Give back an exact copy of the lines below, from the first through the line with "-> Result<SetParts, StartFault>"; please stop there.

[DATA EXCERPTS Boundary: Start]

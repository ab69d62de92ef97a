//! What its settings set a relay to, part by part.

ghost use Rattle.std.specs.Prelude.{◌≡◌, map, true, IfOk, IfSome};
ghost use Rattle.fwd_loop.specs.Loops.{IsSetTo};
ghost use Rattle.fwd_pools.specs.Pools.{hop_of};
ghost use Rattle.fwd_settings.specs.Ranges.{in_range};

use fwd_config::config_of;
use fwd_model::Config;
use fwd_monitors::StartFault;
use fwd_pools::{NextHop, RandomStreams, next_hops_of};
use fwd_settings::Settings;
use std::alloc::Global;

/// What the relay is made of, and where the servers of each output are reached.
pub(crate) struct SetParts {
    pub config: Config,
    pub hops: Vec<NextHop>,
}

/// What these settings set a relay to, whose chunks have these bytes. The only error is out of
/// memory.
pub(crate) fn parts_of(
    alloc: Global,
    settings: Settings,
    id: [u8; 6],
) -> Result<SetParts, StartFault>
    requires { in_range settings ≡ true }
    ensures config { IfOk result (λ parts. IsSetTo settings parts.config) }
    ensures run { IfOk result (λ parts. parts.config.run ≡ id) }
    ensures hops { IfOk result (λ parts. parts.hops.items ≡ map hop_of settings.outputs) }
{
    let hops = next_hops_of(alloc, settings.outputs.as_slice())?;
    let mut config = config_of(alloc, settings)?;
    config.run = id;
    Ok(SetParts { config, hops })
}

/// The run's id: that of the settings, where they name one, and else one that is drawn.
pub(crate) fn run_id_of(set: Option<[u8; 6]>, random: &RandomStreams) -> [u8; 6]
    ensures { IfSome set (λ id. result ≡ id) }
{
    match set {
        Some(id) => id,
        None => random.run_id(),
    }
}
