impl<J: Run + Send + Sync> Loop<J> {
    /// Opens the listeners that the settings name, draws the run's id where they name none, and
    /// makes the outputs and their workers. No thread runs yet. What the outputs do is told in the
    /// history that it is given, in proofs alone.
    ///
    /// It fails with `Listen` where an address cannot be listened at, with `Control` where the
    /// control socket cannot be had, with `Poll` where the system has nothing to wait with, with
    /// `Seed` where the settings have no seed and the system gives no random bytes, and with
    /// `Memory`.
    pub fn new<R: Net + Files<File = File> + AllocGlobal>(
        rt: &R,
        opened: OpenedRun,
        settings: Settings,
    ) -> Result<Loop<J>, StartFault>
        requires range { in_range settings ≡ true }
        requires book { opened.book ≡ J.book }
        requires pages { opened.pages ≡ page_count }
        ensures { IfOk result (λ relay. relay ≡ relay_by settings) }
    {
        let control = control_path_of(&settings);
        let relay = Loop::without_control(rt, opened.named(), settings)?;
        match control {
            Some(path) => relay.with_control(rt, path),
            None => Ok(relay),
        }
    }

    /// The same relay, which can be asked to stop over a socket of this path.
    fn with_control<R: Net + Files<File = File>>(
        self,
        rt: &R,
        path: SocketPath,
    ) -> Result<Loop<J>, StartFault>
        ensures { IfOk result (λ relay. relay ≡ self) }
    {
        let mut relay = self;
        relay.own.front.event_loop.listen_control(rt, path)?;
        Ok(relay)
    }

    /// The same relay, whose metrics page names the match patterns of its outputs so.
    pub fn with_patterns(self, patterns: Vec<Text>) -> Self
        ensures { result ≡ self }
    {
        let mut relay = self;
        relay.shared.tally.patterns = patterns;
        relay
    }

    /// The relay of these settings, which cannot be asked to stop.
    fn without_control<R: Net + Files<File = File> + AllocGlobal>(
        rt: &R,
        pages: RunPages<J>,
        settings: Settings,
    ) -> Result<Loop<J>, StartFault>
        requires range { in_range settings ≡ true }
        requires pages { pages ≡ (0, page_count) }
        ensures { IfOk result (λ relay. relay ≡ relay_by settings) }
    {
        let alloc = rt.alloc();
        take_large_piece(alloc);
        let address = address_of(rt, &settings);
        let random = RandomStreams::new(rt, settings.relay.seed)?;
        let id = run_id_of(settings.relay.run_id, &random);
        let parts = parts_of(alloc, settings, id)?;
        relay_of(rt, pages, address, &random, parts)
    }

    /// Opens the relay, so that its turns are made one by one, and its workers are run beside them
    /// or not at all. The only error is out of memory. Tickets must be spent, so they lie in what
    /// this opens, which is closed; a `Loop` may still be dropped.
    pub fn open<'a, R: Wait + Clock>(
        &'a mut self,
        rt: &'a R,
    ) -> Result<Opened<'a, J, R>, StartFault> {
        open(rt, self.alloc, &self.shared, &mut self.own)
    }

    /// Runs the reader in front for so many turns in this thread, and each other reader and each
    /// worker for as many in a thread of its own, and answers what each output has to do with once
    /// all have ended, in the settings' order, and the history of the run, behind which that is so.
    /// Whoever still waits for an acknowledgement by then is told, if its request's entries are
    /// settled.
    ///
    /// It fails with `Thread` where the thread of a reader or worker cannot be had, with `Poll`
    /// where a wait failed, and with `Memory`. All threads that were started have ended then, too.
    pub fn run<R: Platform>(self, rt: &R, turns: u64) -> Result<Outcome<J>, StartFault>
        ensures count { IfOk result (λ o. length o.reports.items ≡ length self.outputs) }
        ensures add_up { IfOk result (λ o. AddUp o.reports.items) }
        ensures reached { IfOk result (λ o. AreReportsAfter o.reached o.reports.items) }
    {
        self.run_watched(rt, &mut (), turns)
    }

    /// The same, and an observer is told what the run comes to.
    pub fn run_watched<R: Platform, W: Observer>(
        self,
        rt: &R,
        observer: &mut W,
        count: u64,
    ) -> Result<Outcome<J>, StartFault>
        ensures count { IfOk result (λ o. length o.reports.items ≡ length self.outputs) }
        ensures add_up { IfOk result (λ o. AddUp o.reports.items) }
        ensures reached { IfOk result (λ o. AreReportsAfter o.reached o.reports.items) }
    {
        let Ended {
            outcome,
            control: _,
            file: _,
        } = self.run_apart(rt, observer, count);
        outcome
    }

    /// The same, but that it ends sooner where it is asked to stop: once all is delivered and told,
    /// or the time is over. Whoever asked is told what came of it, and the files of its sockets are
    /// removed.
    pub fn run_to_end<R: Platform + Files<File = File>, W: Observer>(
        self,
        rt: &R,
        observer: &mut W,
        count: u64,
    ) -> Result<Outcome<J>, StartFault>
        ensures count { IfOk result (λ o. length o.reports.items ≡ length self.outputs) }
        ensures add_up { IfOk result (λ o. AddUp o.reports.items) }
        ensures reached { IfOk result (λ o. AreReportsAfter o.reached o.reports.items) }
        ensures delivered { IfOk result (λ o. o.ending ≡ Ending.Delivered
            → All (λ report. report.counts.held ≡ 0) o.reports.items) }
        ensures read_out { IfOk result (λ o. o.ending ≡ Ending.Delivered
            → (last : DrainSeen) × ((o.seen ≡ Some last) × IsReadOut last)) }
        ensures emptied { IfOk result (λ o. o.ending ≡ Ending.Delivered
            → AreEmptied o.reached o.reports.items) }
    {
        let Ended {
            outcome,
            control,
            file,
        } = self.run_apart(rt, observer, count);
        if let Some(file) = file {
            remove_socket(rt, file);
        }
        if let Some(control) = control {
            let answer = match &outcome {
                Ok(outcome) => Some(outcome.answer()),
                Err(_) => None,
            };
            control.close(rt, answer);
        }
        outcome
    }

    /// The same, and it hands on who asked it to stop, and is not told yet.
    #[tactic(auto, using(crate::proofs::Outputs::shown_count))]
    fn run_apart<R: Platform, W: Observer>(self, rt: &R, observer: &mut W, count: u64) -> Ended<J>
        ensures count { IfOk result.outcome (λ o. length o.reports.items ≡ length self.outputs) }
        ensures add_up { IfOk result.outcome (λ o. AddUp o.reports.items) }
        ensures reached { IfOk result.outcome (λ o. AreReportsAfter o.reached o.reports.items) }
        ensures delivered { IfOk result.outcome (λ o. o.ending ≡ Ending.Delivered
            → All (λ report. report.counts.held ≡ 0) o.reports.items) }
        ensures read_out { IfOk result.outcome (λ o. o.ending ≡ Ending.Delivered
            → (last : DrainSeen) × ((o.seen ≡ Some last) × IsReadOut last)) }
        ensures emptied { IfOk result.outcome (λ o. o.ending ≡ Ending.Delivered
            → AreEmptied o.reached o.reports.items) }
    {
        let Loop {
            alloc,
            shared,
            mut own,
        } = self;
        let ran = run_parts(rt, &shared, &mut own, observer, count);
        let unsent = own.give_up(unasked_in(rt, &shared.outputs));
        let (outputs, reached) = shared.into_outputs();
        let outcome = match ran {
            Ok(seen) => outcome_of(alloc, outputs, &reached, seen, unsent),
            Err(fault) => Err(fault),
        };
        let control = own.front.event_loop.take_control();
        let file = own.front.event_loop.source_file();
        Ended {
            outcome,
            control,
            file,
        }
    }
}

[DATA EXCERPTS Boundary: End]

ANSWER TO THE PROBLEM
repository ab69d62de92ef97a
//! What its settings set a relay to, part by part.

ghost use Rattle.std.specs.Prelude.{◌≡◌, map, true, IfOk, IfSome};
ghost use Rattle.fwd_loop.specs.Loops.{IsSetTo};
ghost use Rattle.fwd_pools.specs.Pools.{hop_of};
ghost use Rattle.fwd_settings.specs.Ranges.{in_range};

use fwd_config::config_of;
use fwd_model::Config;
use fwd_monitors::StartFault;
use fwd_pools::{NextHop, RandomStreams, next_hops_of};
use fwd_settings::Settings;
use std::alloc::Global;

/// What the relay is made of, and where the servers of each output are reached.
pub(crate) struct SetParts {
    pub config: Config,
    pub hops: Vec<NextHop>,
}

/// What these settings set a relay to, whose chunks have these bytes. The only error is out of
/// memory.
pub(crate) fn parts_of(
    alloc: Global,
    settings: Settings,
    id: [u8; 6],
) -> Result<SetParts, StartFault>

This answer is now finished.